DIRECTIONS: Provide an exact copy of the lines from the beginning of the records through the line that includes "as julian_spec, is_next", and of no others.

*** DATASET EXTRACT ***

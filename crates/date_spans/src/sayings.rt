//! What items with words say.

ghost use Rattle.std.specs.Prelude.{◌≡◌, ◌≤◌, ◌+◌, ◌++◌, drop, length, option_map, position};
ghost use Rattle.date_spans.specs.Extents.{year_in as year_spec};
ghost use Rattle.date_spans.specs.FeastSides.{bare_side as bare_spec};
ghost use Rattle.date_spans.specs.Sayings.{all_alike as alike_spec, before_slash as slash_spec, both as both_spec};
ghost use Rattle.date_spans.specs.Sayings.{by_word as word_spec};
ghost use Rattle.date_spans.specs.Sayings.{completed as completed_spec, dual_by as dual_spec, undated as undated_spec};
ghost use Rattle.date_spans.specs.Sayings.{is_about as about_spec, is_about_word as about_word_spec};
ghost use Rattle.date_spans.specs.Sayings.{is_before_new_year as before_spec, is_between as between_spec};
ghost use Rattle.date_spans.specs.Sayings.{is_dual_by as is_dual_by_spec, is_dual_of as is_dual_spec};
ghost use Rattle.date_spans.specs.Sayings.{is_julian as julian_spec, is_next as next_spec, kind_of as kind_spec};
ghost use Rattle.date_spans.specs.Sayings.{left_of as left_spec, left_side as side_spec, next_year as next_year_spec};
ghost use Rattle.date_spans.specs.Sayings.{of_dual as of_dual_spec, opens_sides as opens_spec, parted as parted_spec};
ghost use Rattle.date_spans.specs.Sayings.{parts_sides as parts_spec, parts_word as parts_word_spec};
ghost use Rattle.date_spans.specs.Sayings.{piece as piece_spec, range_of as range_spec, said_by as said_spec};
ghost use Rattle.date_spans.specs.Sayings.{said_of_dual as said_dual_spec, said_of_sides as sides_spec};
ghost use Rattle.date_spans.specs.Sayings.{ends_with_year as ends_spec, in_later_year as later_spec};
ghost use Rattle.date_spans.specs.Sayings.{is_next_in_short as short_next_spec};
ghost use Rattle.date_spans.specs.Sayings.{said_of_short as said_short_spec, short_by as short_spec};
ghost use Rattle.date_spans.specs.Sayings.{without_about as without_spec};
ghost use Rattle.date_spans.specs.Sayings.{are_mixed as mixed_spec, is_long_number as long_number_spec};
ghost use Rattle.date_spans.specs.Sayings.{is_of_other_era as other_era_spec};
ghost use Rattle.std.specs.List.{list_any};

use crate::extents::{
    Extent, Signs, day_of_year, extent_of, if_year, weekday_among, with_weekday, year_in,
};
use crate::feast_sides::{bare_side, in_year_of, side_of};
use arrayvec::ArrayVec;
use date_texts::Calendar;
use written_dates::{Item, Number, Order, Relation, Word, beside_weekday, is_long, is_of_calendar};

/// The signs of two sides.
#[derive(Clone, Copy)]
pub struct RangeSigns {
    /// Those of the left side.
    pub left: Signs,
    /// Those of the left side with what it lacks of the right one.
    pub shared: Signs,
    /// Those of the right side.
    pub right: Signs,
}

/// What a text says.
#[derive(Clone, Copy)]
pub enum Said {
    /// This much.
    One(Extent),
    /// From the first to the last.
    Range(Extent, Extent),
    /// Between the first and the last.
    Between(Extent, Extent),
    /// What lies before it.
    Before(Extent),
    /// What lies after it.
    After(Extent),
    /// From it on.
    From(Extent),
    /// Up to it.
    Until(Extent),
    /// No date is known.
    Undated,
}

/// What kind of saying it is.
#[derive(Clone, Copy, PartialEq, Eq, Debug)]
pub enum Kind {
    /// A day, a month or a year.
    One,
    /// From one to another.
    Range,
    /// Between two.
    Between,
    /// What lies before.
    Before,
    /// What lies after.
    After,
    /// From then on.
    From,
    /// Up to then.
    Until,
    /// No date is known.
    Undated,
    /// Nothing that is read.
    Unread,
}

/// The kind of a saying.
pub fn kind_of(said: Said) -> Kind
    ensures { result ≡ kind_spec said }
{
    match said {
        Said::One(_) => Kind::One,
        Said::Range(_, _) => Kind::Range,
        Said::Between(_, _) => Kind::Between,
        Said::Before(_) => Kind::Before,
        Said::After(_) => Kind::After,
        Said::From(_) => Kind::From,
        Said::Until(_) => Kind::Until,
        Said::Undated => Kind::Undated,
    }
}

/// Whether a word says `about`.
fn is_about_word(word: Word) -> bool
    ensures { result ≡ about_word_spec word }
{
    match word {
        Word::About => true,
        _ => false,
    }
}

/// Whether an item says `about`.
pub fn is_about(item: Item) -> bool
    ensures { result ≡ about_spec item }
{
    match item {
        Item::Word(word) => is_about_word(word),
        _ => false,
    }
}

/// Items behind a word for `about`, if it is in front.
fn without_about(items: &[Item]) -> &[Item]
    ensures { result.now ≡ without_spec items.now }
{
    match items {
        [first, rest @ ..] if is_about(*first) => rest,
        _ => items,
    }
}

/// What a side says by itself.
fn piece(calendar: Calendar, signs: Signs, order: Order, items: &[Item]) -> Option<Extent>
    requires { length items.now ≤ 16 }
    ensures { result ≡ piece_spec calendar signs order items.now }
{
    side_of(calendar, signs, order, without_about(items))
}

fn both(between: bool, first: Option<Extent>, last: Option<Extent>) -> Option<Said>
    ensures { result ≡ both_spec between first last }
{
    match (first, last) {
        (Some(first), Some(last)) => {
            if between {
                Some(Said::Between(first, last))
            } else {
                Some(Said::Range(first, last))
            }
        }
        _ => None,
    }
}

/// What items say with those behind them that another side has more.
fn joined(
    calendar: Calendar,
    signs: Signs,
    order: Order,
    items: &[Item],
    lacked: &[Item],
) -> Option<Extent>
    requires { length items.now + length lacked.now ≤ 16 }
    ensures { result ≡ bare_spec calendar signs order (items.now ++ lacked.now) }
{
    let mut whole: ArrayVec<Item, 16> = ArrayVec::new();
    let _ = whole.try_extend_from_slice(items);
    let _ = whole.try_extend_from_slice(lacked);
    bare_side(calendar, signs, order, whole.as_slice())
}

/// What items say with those of the right side behind as many as they are.
#[tactic(auto, using(crate::proofs::ExtentLemmas::complete_already))]
fn with_lacked(
    calendar: Calendar,
    signs: Signs,
    order: Order,
    items: &[Item],
    right: &[Item],
) -> Option<Extent>
    requires items { length items.now ≤ 16 }
    requires right { length right.now ≤ 16 }
    ensures { result ≡ bare_spec calendar signs order (items.now ++ drop (length items.now) right.now) }
{
    if items.len() >= right.len() {
        return bare_side(calendar, signs, order, items);
    }
    let (_, lacked) = right.split_at(items.len());
    joined(calendar, signs, order, items, lacked)
}

/// What items say with what they lack of those of the right side, or a feast in its year.
fn completed(
    calendar: Calendar,
    signs: Signs,
    order: Order,
    items: &[Item],
    right: &[Item],
) -> Option<Extent>
    requires items { length items.now ≤ 16 }
    requires right { length right.now ≤ 16 }
    ensures { result ≡ completed_spec calendar signs order items.now right.now }
{
    if items.is_empty() {
        return None;
    }
    match with_lacked(calendar, signs, order, items, right) {
        Some(said) => Some(said),
        None => in_year_of(calendar, items, right),
    }
}

/// What the left of two sides says.
#[tactic(auto, using(crate::proofs::ExtentLemmas::few_beside))]
pub fn left_of(
    calendar: Calendar,
    signs: RangeSigns,
    order: Order,
    left: &[Item],
    right: &[Item],
) -> Option<Extent>
    requires left { length left.now ≤ 16 }
    requires right { length right.now ≤ 16 }
    ensures { result ≡ left_spec calendar signs order left.now right.now }
{
    if let Some(said) = side_of(calendar, signs.left, order, left) {
        return Some(said);
    }
    let said = completed(
        calendar,
        signs.shared,
        order,
        beside_weekday(left),
        beside_weekday(right),
    );
    if_year(calendar, with_weekday(weekday_among(left), said))
}

/// Whether a number is long.
fn is_long_number(item: Item) -> bool
    ensures { result ≡ long_number_spec item }
{
    match item {
        Item::Number(number) => is_long(number),
        _ => false,
    }
}

/// Whether a number is a year of another era than the calendar's.
fn is_of_other_era(item: Item) -> bool
    ensures { result ≡ other_era_spec item }
{
    match item {
        Item::Number(number) => !is_of_calendar(number.year),
        _ => false,
    }
}

/// Whether a number among items is long.
fn has_long_number(items: &[Item]) -> bool
    ensures { result ≡ list_any long_number_spec items.now }
{
    items.iter().any(|item| is_long_number(*item))
}

/// Whether a year of another era is among items.
fn has_other_era(items: &[Item]) -> bool
    ensures { result ≡ list_any other_era_spec items.now }
{
    items.iter().any(|item| is_of_other_era(*item))
}

/// Whether the left of two sides has a year, and one of them has years of another era, but not both.
fn are_mixed(left: &[Item], right: &[Item]) -> bool
    ensures { result ≡ mixed_spec left.now right.now }
{
    if !has_long_number(left) {
        return false;
    }
    if has_other_era(left) {
        !has_other_era(right)
    } else {
        has_other_era(right)
    }
}

/// From one side to the other, or between both.
fn range_of(
    between: bool,
    calendar: Calendar,
    signs: RangeSigns,
    order: Order,
    left: &[Item],
    right: &[Item],
) -> Option<Said>
    requires left { length left.now ≤ 16 }
    requires right { length right.now ≤ 16 }
    ensures { result ≡ range_spec between calendar signs order left.now right.now }
{
    if are_mixed(left, right) {
        return None;
    }
    let first = left_of(
        calendar,
        signs,
        order,
        without_about(left),
        without_about(right),
    );
    both(between, first, piece(calendar, signs.right, order, right))
}

/// Whether a word parts two sides.
fn parts_word(between: bool, word: Word) -> bool
    ensures { result ≡ parts_word_spec between word }
{
    match word {
        Word::To => true,
        Word::And => between,
        _ => false,
    }
}

/// Whether an item parts two sides.
fn parts_sides(between: bool, item: Item) -> bool
    ensures { result ≡ parts_spec between item }
{
    match item {
        Item::Word(word) => parts_word(between, word),
        _ => false,
    }
}

/// Where the first word stands that parts two sides.
fn word_place(between: bool, items: &[Item]) -> Option<usize>
    ensures { result ≡ position (parts_spec between) items.now }
{
    items.iter().position(|item| parts_sides(between, *item))
}

/// The same signs for both sides.
fn all_alike(signs: Signs) -> RangeSigns
    ensures { result ≡ alike_spec signs }
{
    RangeSigns {
        left: signs,
        shared: signs,
        right: signs,
    }
}

/// Two sides with a word between them, or one side alone.
fn parted(
    between: bool,
    calendar: Calendar,
    signs: Signs,
    order: Order,
    alone: Option<Said>,
    items: &[Item],
) -> Option<Said>
    requires { length items.now ≤ 16 }
    ensures { result ≡ parted_spec between calendar signs order alone items.now }
{
    match word_place(between, items) {
        None => alone,
        Some(place) => range_of(
            between,
            calendar,
            all_alike(signs),
            order,
            &items[..place],
            &items[place + 1..],
        ),
    }
}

***

SOLVED EXERCISE:
filename crates/date_spans/src/sayings.rt
//! What items with words say.

ghost use Rattle.std.specs.Prelude.{◌≡◌, ◌≤◌, ◌+◌, ◌++◌, drop, length, option_map, position};
ghost use Rattle.date_spans.specs.Extents.{year_in as year_spec};
ghost use Rattle.date_spans.specs.FeastSides.{bare_side as bare_spec};
ghost use Rattle.date_spans.specs.Sayings.{all_alike as alike_spec, before_slash as slash_spec, both as both_spec};
ghost use Rattle.date_spans.specs.Sayings.{by_word as word_spec};
ghost use Rattle.date_spans.specs.Sayings.{completed as completed_spec, dual_by as dual_spec, undated as undated_spec};
ghost use Rattle.date_spans.specs.Sayings.{is_about as about_spec, is_about_word as about_word_spec};
ghost use Rattle.date_spans.specs.Sayings.{is_before_new_year as before_spec, is_between as between_spec};
ghost use Rattle.date_spans.specs.Sayings.{is_dual_by as is_dual_by_spec, is_dual_of as is_dual_spec};
ghost use Rattle.date_spans.specs.Sayings.{is_julian as julian_spec, is_next as next_spec, kind_of as kind_spec};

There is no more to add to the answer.